Although the term aquascaping refers to recreating a natural environment this re-creation can represent environment that may or may not exist and can also contain artificial elements. 

If this understanding is incorrect then straighten me out with the correct definition. I know you are very knowledgeable so don’t feel threatened by the question and sic you dogs (helpers) on me this is a friendly query.
pop


----------



## SeaHorse (Dec 27, 2010)

Thanks Byron. 
Interesting to watch... everyone has to have someone to pick on in the group! I wonder how big that tank is and if that is having an effect? The Corys tho are actually schooling and traveling together... not something mine want to do. Nice to see!


----------



## Byron (Mar 7, 2009)

Jakiebabie said:


> Thanks Byron.
> Interesting to watch... everyone has to have someone to pick on in the group! I wonder how big that tank is and if that is having an effect? The Corys tho are actually schooling and traveling together... not something mine want to do. Nice to see!
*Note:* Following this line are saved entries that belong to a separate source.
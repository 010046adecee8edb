// Names and their types.
use c_terms::Text;
use c_types::Ty;

/// A name that a declaration declares, and its type, if that is known.
#[derive(Drop)]
pub struct Binding {
    pub name: Text,
    pub ty: Option<Ty>,
}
It is 200g, the comments on Youtube under the video says this; I assume the length to be 8 feet.

I have watched a group of P. scalare behave identically in a huge tank at the Vancouver Aquarium, where they live with a shoal of black ghost knifefish. These large tanks are so instructive as to the fish's natural behaviours.

I think the corys in this video tank are behaving as they would in their habitat, at least from what I have seen of that. Open stretches of sand cause them to do this. In most of our tanks, we have lots of plants and chunks of wood, and a much smaller area to begin with. Also, species are different. I have four of the C. duplicareus, one being a fry that survived by being pulled into the canister filter so it escaped predation. They are together like this much more than my other species, except the panda, they are always together.


----------



## Byron (Mar 7, 2009)

pop said:


> Hello Byron:
> 
> I was reading your thread and have one question to ask you about your statement “…..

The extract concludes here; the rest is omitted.